Teen broke dress code with T-shirt slogan: 'Why be racist, sexist, homophobic, or transphobic when you can just be quiet?'

A 13-year-old girl in Indiana broke her school dress code with a shirt that read, "Why be racist, sexist, homophobic, or transphobic when you can just be quiet?" (Photo: Facebook/Renee Williams)

A T-shirt slogan that read, “Why be racist, sexist, homophobic, or transphobic when you can just be quiet?” got a 13-year-old girl in trouble at school.

Renee Williams of Indiana posted on Facebook that her daughter got in-house suspension on Wednesday at Highland Hills Middle School for wearing the $20 item. “I am beyond upset by the events that happened today,” she wrote, describing how the girl was called out twice for her outfit. “...We are disappointed in the way she was singled out and treated.”

Video: Dress Code Controversy At West Campus High

Williams tells Yahoo Lifestyle that on Friday, her daughter was flagged down after gym class and brought into the principal’s office, after a teacher noticed her shirt. According to her daughter, the principal felt the words “Sex” and “Homo” were too eye-catching.

“She said my shirt was inappropriate and could be seen as disrespectful,” read a handwritten account by the student, posted to Williams’ Facebook page.

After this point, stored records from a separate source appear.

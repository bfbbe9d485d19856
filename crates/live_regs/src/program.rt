//! The blocks and edges of a program, with what the blocks read and write.

ghost use Rattle.std.specs.Prelude.{◌≡◌, ◌<◌, ◌*◌, ℕ, IfSome, length, slice_index_or};
ghost use Rattle.cfg_model.specs.declared.graph.Block.{Block};
ghost use Rattle.live_regs.specs.Run.{instructions_of};
ghost use Rattle.live_regs.specs.Noted.{AreEffectsFrom, AreEffectsOf, AreInOrder, AreNotesOf};

use crate::effects::{Effects, effects_of_block};
use cfg_model::{Block, Edge};
use elf_image::Image;
use std::alloc::Global;

/// How many blocks of a program stand in a piece of them; the last piece may have fewer. A worker
/// notes the effects of a piece in about 0.1 milliseconds, which is long beside the draw.
pub const PIECE_BLOCKS: usize = 1024;

/// The blocks and edges of a program, and notes of the blocks, which serve all functions.
#[derive(Drop)]
pub struct Program<'a> {
    /// The file that the program stands in.
    pub image: &'a Image,
    /// All blocks, by their addresses.
    pub blocks: &'a [Block],
    /// All edges, by the addresses of the blocks that they leave.
    pub edges: &'a [Edge],
    /// What the blocks of each piece read and write. Where memory was missing, some are not noted.
    pub(crate) notes: Vec<Vec<Effects>>,
}

impl<'a> Program<'a> {
    ghost use Rattle.live_regs.specs.Noted.{IsNoted};

    /// The program of this image with these blocks and edges, and the notes of the first pieces of
    /// its blocks, or of all. A block without a note is decoded whenever a function has it.
    pub fn new(
        image: &'a Image,
        blocks: &'a [Block],
        edges: &'a [Edge],
        notes: Vec<Vec<Effects>>,
    ) -> Program<'a>
        requires order { AreInOrder blocks.now edges.now }
        requires notes { AreNotesOf image.now blocks.now notes.items }
        ensures image { result.image.now ≡ image.now }
        ensures blocks { result.blocks.now ≡ blocks.now }
        ensures edges { result.edges.now ≡ edges.now }
        ensures noted { IsNoted result }
    {
        Program {
            image,
            blocks,
            edges,
            notes,
        }
    }

    /// What the block of this number reads and writes.
    pub(crate) fn effects(&self, number: usize) -> Effects
        requires noted { IsNoted self.now }
        requires within { number < length self.now.blocks.now }
        ensures { (b : Block) → AreEffectsOf (instructions_of self.now.image.now
            (slice_index_or self.now.blocks.now number b)) result }
    {
        match self.note(number) {
            Some(effects) => effects,
            None => effects_of_block(self.image, self.blocks[number]),
        }
    }

    /// The note of the block of this number, where there is one.
    fn note(&self, number: usize) -> Option<Effects>
        requires noted { IsNoted self.now }
        requires within { number < length self.now.blocks.now }
        ensures { IfSome result (λ effects. (b : Block)
            → AreEffectsOf (instructions_of self.now.image.now
            (slice_index_or self.now.blocks.now number b)) effects) }
    {
        let piece = self.notes.get(number / PIECE_BLOCKS)?;
        match piece.get(number % PIECE_BLOCKS) {
            Some(effects) => Some(*effects),
            None => None,
        }
    }
}

/// What the blocks of this piece read and write, one after another. If memory is missing, of the
/// first ones alone.
///
/// Time: O(bytes of these blocks). Memory: 8 bytes a block.
pub fn effects_of_piece(
    alloc: Global,
    image: &Image,
    blocks: &[Block],
    piece: usize,
) -> Vec<Effects>
    ensures { AreEffectsFrom image.now blocks.now (piece * PIECE_BLOCKS) result.items }
{
    let Some(first) = piece.checked_mul(PIECE_BLOCKS) else {
        return Vec::new(alloc);
    };
    let end = first.saturating_add(PIECE_BLOCKS).min(blocks.len());
    let Ok(mut all) = Vec::with_capacity(alloc, end.saturating_sub(first)) else {
        return Vec::new(alloc);
    };
    for number in first..end {
        if all.push(effects_of_block(image, blocks[number])).is_err() {
            return all;
        }
    }
    all
}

The girl says she was told to turn her shirt inside out, put on a jacket, or wear her sweaty top from gym class. She agreed to wear a hooded sweatshirt, but during lunch period, she says, a teacher expressed that her shirt didn’t break the dress code.

According to the Highland Hills Middle School dress code, the only banned shirts are those “suggestive, obscene or promote alcohol or drug products or use” and sheer.

Williams’ daughter decided to remove her hoodie as she left the lunch room, but she bumped into the principal who sent her to in-house suspension. The parents drove to the school for a meeting with the principal they said was unproductive, then drove their daughter home.

On Thursday, says the girl, 88 students in the 7th and 8th grades protested silently in a campus common area, in support of her shirt.

According to Williams, her daughter was embarrassed and dumbfounded by the administration’s reaction. “I was told her shirt could be distracting to the education process,” she says.

Representatives of the school and New Albany Floyd County Schools did not return Yahoo Lifestyle’s requests for comment. Superintendent Bill Briscoe told station WKYC, “As a school district, we do all we can to maintain the integrity of a focused age-appropriate learning environment. This includes minimizing potential distractions as they arise.”